🤖 AI Summary
Existing higher-education evaluation benchmarks lack multilingual, open-university-textbook-based benchmarks for large language models (LLMs).
Method: We introduce UniEdQA—the first open, textbook-driven, multilingual educational question-answering benchmark covering English, Spanish, and Polish—systematically achieving cross-lingual textbook alignment, question generation, and answer annotation. We employ QLoRA for efficient fine-tuning of a 7B-parameter LLM and conduct cross-lingual zero-shot transfer experiments.

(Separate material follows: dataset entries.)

//! The interface of an engine, and a function that runs a list of edits.
ghost use Rattle.std.specs.Prelude.{◌≡◌, ℕ, suc, ◌<◌, length, map, Ok, IfOk, IfErr, OnOk, OnErr};
ghost use Rattle.std.specs.Borrow.{sem};
ghost use Rattle.std.specs.Io.BufRead.{Rests};
ghost use Rattle.xw_letters.specs.LetterSet.{letters_in};
ghost use Rattle.xw_grid.specs.Light.{lights_of};
ghost use Rattle.xw_feas.specs.Board.{board_of};
ghost use Rattle.xw_feas.specs.Changes.{letters_of};
ghost use Rattle.xw_feas.specs.Feasible.{Answers, AreAnswers};
ghost use Rattle.xw_feas.specs.State.{State, IsAfter, action_of, after, known_placed, known_count};
ghost use Rattle.xw_feas.specs.Engine.{IsEdited};
ghost use Rattle.xw_feas.specs.Placings.{placed_after};
ghost use Rattle.xw_feas.specs.EngineState.{state_of};
ghost use Rattle.xw_feas.specs.WellFormed.{IsWellFormed};
ghost use Rattle.xw_feas.specs.Queries.{count_answer, next_answer, next_found, words_of, AreLetters};

use crate::changed::Changed;
use crate::edit::{Edit, Found, Refusal};
use crate::engine_state::EngineState;
use std::alloc::Global;
use xw_grid::cell::{Cell, LightName};
use xw_grid::fault::GridFault;
use xw_grid::grid::Grid;
use xw_grid::lights::Lights;
use xw_letters::letter_set::LetterSet;
use xw_words::bank::Bank;

/// An engine: it owns a grid and a dictionary, applies edits to them, and keeps the feasible words
/// and letters up to date.
pub trait Feasible: Drop {
    /// The grid and the dictionary.
    ghost state: { Self → State };

    /// The feasible words and letters.
    ghost answers: { Self → Answers };

    /// How many words and letters were placed.
    ghost placed: { Self → ℕ };

    /// Creates an engine for a grid and a dictionary. Returns `Memory` if an allocation fails.
    fn open(alloc: Global, grid: Grid, bank: Bank) -> Result<Self, Refusal>
        ensures ok { IfOk result (λ engine. state engine ≡ record { grid = grid; words = bank.words }) }
        ensures err { IfErr result (λ refusal. refusal ≡ Refusal.Grid GridFault.Memory) };

    /// Applies an edit, and returns an iterator over the cells whose feasible letters changed. A refused
    /// edit changes nothing. The refusals, and their order, are those of the edit of the grid or the
    /// dictionary; `Block`, `Bar` and `Add` of a new word may also return `Memory`.
    ///
    /// The iterator borrows the engine. In the contract, `now` is the engine once that borrow ends. After
    /// `Ok`, its grid and dictionary are those that the edit leads to, and the iterator yields exactly the
    /// open cells whose feasible letters changed, each with its new letters. After `Err`, nothing has
    /// changed. `Set` and `Place` count as a placement.
    fn edit(&mut self, edit: &Edit<'_>) -> Result<Changed<'_>, Refusal>
        ensures* edited { sem 𝓛 (Rests Self.row self.entry (λ now. IsEdited (state self.old) (answers self.old) (action_of edit.now) result (state now) (answers now) × (placed now ≡ placed_after (placed self.old) (action_of edit.now) result))) };

    /// Replaces the grid and keeps the dictionary. Returns `Memory` if an allocation fails, and then
    /// changes nothing.
    fn regrid(&mut self, grid: Grid) -> Result<(), Refusal>
        ensures ok { OnOk result (state self.new ≡ record { grid = grid; words = (state self.old).words }) }
        ensures err { IfErr result (λ refusal. refusal ≡ Refusal.Grid GridFault.Memory) }
        ensures same { OnErr result (state self.new ≡ state self.old) }
        ensures answers_same { OnErr result (answers self.new ≡ answers self.old) }
        ensures placed { placed self.new ≡ placed self.old };

    /// The grid with its lights, and the dictionary.
    fn position(&self) -> &EngineState
        ensures { state_of result.now ≡ state self.now };

    /// The number of feasible words of a light, by its index.
    fn word_count_at(&self, light: usize) -> usize
        requires { light < length (lights_of (state self.now).grid) }
        ensures { result ≡ length (words_of (answers self.now) light) };

    /// The first feasible word of a light, by its index, whose own index is at least `from`.
    fn next_word_at(&self, light: usize, from: usize) -> Option<Found>
        requires { light < length (lights_of (state self.now).grid) }
        ensures { result ≡ next_found (board_of (state self.now).grid) (state self.now).words (answers self.now) light from };

    /// The feasible letters of a cell, by its index.
    fn letters_at(&self, index: usize) -> LetterSet
        requires { index < length (state self.now).grid.squares }
        ensures { letters_of (answers self.now) index ≡ letters_in result };

    /// The grid.
    fn grid(&self) -> &Grid
        ensures { result.now ≡ (state self.now).grid }
    {
        &self.position().grid
    }

    /// The dictionary.
    fn bank(&self) -> &Bank
        ensures { result.now.words ≡ (state self.now).words }
    {
        &self.position().bank
    }

    /// The lights of the grid, in order.
    fn lights(&self) -> &Lights
        ensures { result.now ≡ lights_of (state self.now).grid }
    {
        &self.position().lights
    }

    /// The number of feasible words of a light. Returns `NoLight` if no light has this name.
    fn word_count(&self, name: LightName) -> Result<usize, Refusal>
        ensures { result ≡ count_answer (state self.now) (answers self.now) name }
    {
        match self.lights().index(name) {
            None => Err(Refusal::NoLight),
            Some(light) => Ok(self.word_count_at(light)),
        }
    }

    /// The first feasible word of a light whose index is at least `from`; the entered word of a
    /// filled light has index 0. Returns `NoLight` if no light has this name.
    fn next_word(&self, name: LightName, from: usize) -> Result<Option<Found>, Refusal>
        ensures { result ≡ next_answer (state self.now) (answers self.now) name from }
    {
        match self.lights().index(name) {
            None => Err(Refusal::NoLight),
            Some(light) => Ok(self.next_word_at(light, from)),
        }
    }

    /// The feasible letters of a cell. Returns `OutOfGrid`, then `OnBlock` if the cell is a block.
    fn letters(&self, cell: Cell) -> Result<LetterSet, Refusal>
        ensures { AreLetters (state self.now) (answers self.now) cell result }
    {
        let grid = self.grid();
        match grid.index(cell) {
            None => Err(Refusal::Grid(GridFault::OutOfGrid)),
            Some(_) if grid.is_block(cell) => Err(Refusal::Grid(GridFault::OnBlock)),
            Some(index) => Ok(self.letters_at(index)),
        }
    }

    /// Places a known word in a light. Both are given by index, the word by its index among the known words
    /// of the light's length. This always succeeds, and counts as a placement.
    fn place_word_at(&mut self, light: usize, index: usize)
        requires light { light < length (lights_of (state self.old).grid) }
        requires index { index < known_count (state self.old) light }
        ensures made { after (state self.old) (known_placed (state self.old) light index) ≡ Ok (state self.new) }
        ensures placed { placed self.new ≡ suc (placed self.old) };

    /// The answers are exactly the feasible words and letters of the current grid and dictionary.
    ghost exact: { (engine : Self) → AreAnswers (board_of (state engine).grid) (state engine).words (answers engine) };

    /// The grid and the dictionary satisfy their invariants.
    ghost well_formed: { (engine : Self) → IsWellFormed (state engine) };
}

/// Applies the edits in order, skips the refused ones, and returns their number.
pub fn run<E: Feasible>(engine: &mut E, edits: &[Edit<'_>]) -> u64
    ensures state { IsAfter (E.state engine.old) (map action_of edits.now) result (E.state engine.new) }
    ensures answers { AreAnswers (board_of (E.state engine.new).grid) (E.state engine.new).words (E.answers engine.new) }
{
    let mut refused = 0;
    for edit in edits {
        if engine.edit(edit).is_err() {
            refused += 1;
        }
    }
    refused
}
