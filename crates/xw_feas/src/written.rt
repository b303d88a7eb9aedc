//! The cells whose entry an edit may change.
ghost use Rattle.std.specs.Prelude.{◌≡◌, ◌<◌, ◌≤◌, length, [], ◌∷◌, ◌++◌, map, slice_index_or};
ghost use Rattle.xw_grid.specs.Light.{lights_of, cells_of, no_light};
ghost use Rattle.xw_grid.specs.Orbit.{orbit_of};
ghost use Rattle.xw_feas.specs.Pending.{shape_action};
ghost use Rattle.xw_feas.specs.Written.{with_entry_of, entries_written};

use crate::pending::ShapeEdit;
use std::marker::Model;
use xw_grid::cell::Cell;
use xw_grid::grid::Grid;
use xw_grid::lights::{Light, Lights};
use xw_grid::orbit::orbits_are_small;
use xw_letters::letter::Letter;
use xw_words::word::LONGEST;

/// The cells that an edit writes, each with its entry before the edit. A position has one of these, and each edit fills
/// it anew.
#[derive(Drop)]
pub struct Written {
    cells: [(Cell, Option<Letter>); LONGEST],
    count: usize,
}

impl Model for Written {
    ghost use Rattle.std.specs.Prelude.{List, ℕ, Option, ◌≤◌, take};
    ghost use Rattle.xw_grid.specs.declared.cell.Cell.{Cell as SpecCell};

    ghost Value = { List (SpecCell × Option ℕ) };

    ghost view = { λ written. take written.count written.cells };

    ghost invariant = { λ written. written.count ≤ 255 };
}

impl Written {
    /// No cells.
    pub(crate) fn none() -> Written
        ensures { result ≡ [] }
    {
        let nowhere = Cell { row: 0, col: 0 };
        Written {
            cells: [(nowhere, None); LONGEST],
            count: 0,
        }
    }

    /// Removes all cells.
    fn clear(&mut self)
        ensures { self.new ≡ [] }
    {
        self.count = 0;
    }

    /// Appends a cell with its entry.
    fn push(&mut self, grid: &Grid, cell: Cell)
        requires { length self.old < 255 }
        ensures { self.new ≡ self.old ++ with_entry_of grid.now cell ∷ [] }
    {
        self.cells[self.count] = (cell, grid.entry(cell));
        self.count += 1;
    }

    /// The cells, each with its entry before the edit.
    pub fn as_slice(&self) -> &[(Cell, Option<Letter>)]
        ensures { result.now ≡ self.now }
    {
        &self.cells[..self.count]
    }

    /// Takes one cell.
    pub(crate) fn note_cell(&mut self, grid: &Grid, cell: Cell)
        ensures { self.new ≡ with_entry_of grid.now cell ∷ [] }
    {
        self.clear();
        self.push(grid, cell);
    }

    /// Takes the cells of a light.
    fn note_light(&mut self, grid: &Grid, index: usize, light: Light)
        requires index { index < length (lights_of grid.now) }
        requires light { light ≡ slice_index_or (lights_of grid.now) index no_light }
        ensures { self.new ≡ map (with_entry_of grid.now) (cells_of light) }
    {
        grid.well_formed();
        self.clear();
        for k in 0..light.size {
            self.push(grid, light.cell(k));
        }
    }

    /// Takes the cells of the light with an index.
    pub(crate) fn note_index(&mut self, grid: &Grid, lights: &Lights, light: usize)
        requires lights { lights.now ≡ lights_of grid.now }
        requires light { light < length (lights_of grid.now) }
        ensures { self.new ≡ map (with_entry_of grid.now) (cells_of (slice_index_or (lights_of grid.now) light no_light)) }
    {
        self.note_light(grid, light, lights.at(light));
    }

    /// Takes the cells of an orbit.
    fn note_orbit(&mut self, grid: &Grid, cell: Cell)
        ensures { self.new ≡ map (with_entry_of grid.now) (orbit_of grid.now cell) }
    {
        grid.well_formed();
        orbits_are_small();
        self.clear();
        let mut orbit = grid.orbit(cell);
        while let Some(member) = orbit.next() {
            self.push(grid, member);
        }
    }

    /// Takes the cells that an edit of blocks or bars writes.
    pub(crate) fn note_shape(&mut self, grid: &Grid, edit: &ShapeEdit)
        ensures { self.new ≡ entries_written grid.now (shape_action edit.now) }
    {
        match *edit {
            ShapeEdit::Block(cell) => self.note_orbit(grid, cell),
            ShapeEdit::Bar(..) => self.clear(),
        }
    }
}
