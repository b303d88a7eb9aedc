//! The notes of a position: what an edit changed.
ghost use Rattle.std.specs.Prelude.{◌≡◌, ℕ, ◌≤◌, false, List, length, map, take, filter, is_some, IfOk, IfSome, IfNone, IsOkUnless};
ghost use Rattle.xw_grid.specs.declared.lights.Light.{Light};
ghost use Rattle.xw_grid.specs.Grid.{cells};
ghost use Rattle.xw_feas.specs.Written.{with_entry_of, is_changed};

use crate::effect::Effect;
use crate::turned::LENGTHS;
use crate::written::Written;
use std::alloc::Global;
use xw_grid::cell::Cell;
use xw_grid::fault::GridFault;
use xw_grid::grid::Grid;
use xw_grid::lights::Lights;
use xw_letters::letter::Letter;

/// What the last edit changed, noted while it was made: the cells that it wrote, those that a list changed, and the lengths
/// in which a least grade made words active or left them out. `effect` says which of them to read.
#[derive(Drop)]
pub struct Notes {
    pub written: Written,
    pub noted: Vec<(Cell, Option<Letter>)>,
    pub turned: [bool; LENGTHS],
    pub effect: Effect,
}

impl Notes {
    ghost use Rattle.xw_feas.specs.Effect.{before_of, cells_of, fields_of, is_idle_by, is_shape_by, of_turned, turned_of, word_of};

    /// No notes, with space for a snapshot.
    pub(crate) fn of(noted: Vec<(Cell, Option<Letter>)>) -> Notes
        ensures { result.noted ≡ noted }
    {
        Notes {
            written: Written::none(),
            noted,
            turned: [false; LENGTHS],
            effect: Effect::Nothing,
        }
    }

    /// Whether no answer changed.
    pub fn is_idle(&self) -> bool
        ensures { result ≡ is_idle_by self.now.effect }
    {
        matches!(self.effect, Effect::Nothing)
    }

    /// The cells that the edit wrote, each with its entry before.
    pub fn cells(&self) -> &[(Cell, Option<Letter>)]
        ensures { result.now ≡ cells_of self.now }
    {
        match self.effect {
            Effect::Cells => self.written.as_slice(),
            Effect::Shape(_) => self.written.as_slice(),
            Effect::List(count) => &self.noted[..count.min(self.noted.len())],
            _ => &self.noted[..0],
        }
    }

    /// The lights before the edit, if it is one of the shape. Any other edit keeps them.
    pub fn before(&self) -> Option<&Lights>
        ensures some { IfSome result (λ before. (lights : List Light) → before_of lights self.now ≡ before.now) }
        ensures shape { is_some result ≡ is_shape_by self.now.effect }
        ensures none { IfNone result ((lights : List Light) → before_of lights self.now ≡ lights) }
    {
        match &self.effect {
            Effect::Shape(before) => Some(before),
            _ => None,
        }
    }

    /// For each length whether the least grade that was chosen made words active or left some out, and whether it may have made
    /// some active; none of another edit.
    pub fn turned(&self) -> Option<(&[bool], bool)>
        ensures some { IfSome result (λ turned. (lights : List Light) → fields_of lights self.now ≡ of_turned lights turned.0.now turned.1) }
        ensures none { IfNone result ((len : ℕ) → turned_of self.now len ≡ false) }
    {
        match self.effect {
            Effect::Least(back) => Some((&self.turned, back)),
            _ => None,
        }
    }

    /// The length and index of the word that was added or struck.
    pub fn word(&self) -> Option<(usize, usize)>
        ensures { result ≡ word_of self.now }
    {
        match self.effect {
            Effect::Word(len, index) => Some((len, index)),
            _ => None,
        }
    }

    /// Notes that no answer changes.
    pub(crate) fn note_nothing(&mut self)
        ensures effect { self.new.effect ≡ Effect.Nothing }
        ensures noted { self.new.noted ≡ self.old.noted }
    {
        self.effect = Effect::Nothing;
    }

    /// Notes all entries, before a list is written.
    pub(crate) fn note_all(&mut self, grid: &Grid)
        requires { length self.old.noted.items ≡ length grid.now.squares }
        ensures room { length self.new.noted.items ≡ length self.old.noted.items }
        ensures noted { self.new.noted.items ≡ map (with_entry_of grid.now) (cells grid.now) }
    {
        note(self.noted.as_mut_slice(), grid);
    }

    /// Keeps of the snapshot the cells whose entry changed, in front, and returns their number.
    pub(crate) fn keep_changed(&mut self, grid: &Grid) -> usize
        ensures room { length self.new.noted.items ≡ length self.old.noted.items }
        ensures count { result ≤ length self.new.noted.items }
        ensures kept { take result self.new.noted.items ≡ filter (is_changed grid.now) self.old.noted.items }
    {
        keep_changed(self.noted.as_mut_slice(), grid)
    }
}

/// Allocates the space for a snapshot of a grid. Returns `Memory` if the allocation fails.
pub fn make_noted(alloc: Global, grid: &Grid) -> Result<Vec<(Cell, Option<Letter>)>, GridFault>
    ensures ok { IfOk result (λ noted. length noted.items ≡ length grid.now.squares) }
    ensures memory { IsOkUnless result GridFault.Memory }
{
    let nowhere = Cell { row: 0, col: 0 };
    Ok(vec![in alloc; (nowhere, None); grid.squares().len()]?)
}

/// Stores each cell with its entry, in reading order.
fn note(noted: &mut [(Cell, Option<Letter>)], grid: &Grid)
    requires { length noted.old ≡ length grid.now.squares }
    ensures len { length noted.new ≡ length noted.old }
    ensures noted { noted.new ≡ map (with_entry_of grid.now) (cells grid.now) }
{
    for index in 0..grid.size() {
        let cell = grid.cell_at(index);
        noted[index] = (cell, grid.entry(cell));
    }
}

/// Whether the entry of a cell differs from this one.
pub(crate) fn is_changed(grid: &Grid, cell: Cell, noted: Option<Letter>) -> bool
    ensures { result ≡ is_changed grid.now (cell, noted) }
{
    match (noted, grid.entry(cell)) {
        (None, None) => false,
        (Some(old), Some(new)) => old.byte() != new.byte(),
        _ => true,
    }
}

/// Moves the cells whose entry changed to the front, in order, and returns their number.
fn keep_changed(noted: &mut [(Cell, Option<Letter>)], grid: &Grid) -> usize
    ensures len { length noted.new ≡ length noted.old }
    ensures count { result ≤ length noted.new }
    ensures kept { take result noted.new ≡ filter (is_changed grid.now) noted.old }
{
    let mut count = 0;
    for index in 0..noted.len() {
        let listed = noted[index];
        if is_changed(grid, listed.0, listed.1) {
            noted[count] = listed;
            count += 1;
        }
    }
    count
}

Contribution/Results: (1) UniEdQA fills a critical gap in multilingual educational QA evaluation datasets; (2) It empirically validates LLMs’ comprehension of university-level domain knowledge and their cross-lingual generalization capability; (3) It demonstrates improved zero-shot transfer performance on the AI2 Reasoning Challenge, establishing a new paradigm for evaluating and adapting LLMs in educational contexts.
📝 Abstract
We present OpenStaxQA, an evaluation benchmark specific to college-level educational applications based on 43 open-source college textbooks in English, Spanish, and Polish, available under a permissive Creative Commons license. We finetune and evaluate large language models (LLMs) with approximately 7 billion parameters on this dataset using quantized low rank adapters (QLoRa). Additionally we also perform a zero-shot evaluation on the AI2 reasoning challenge dev dataset in order to check if OpenStaxQA can lead to an improved performance on other tasks. We also discuss broader impacts relevant to datasets such as OpenStaxQA.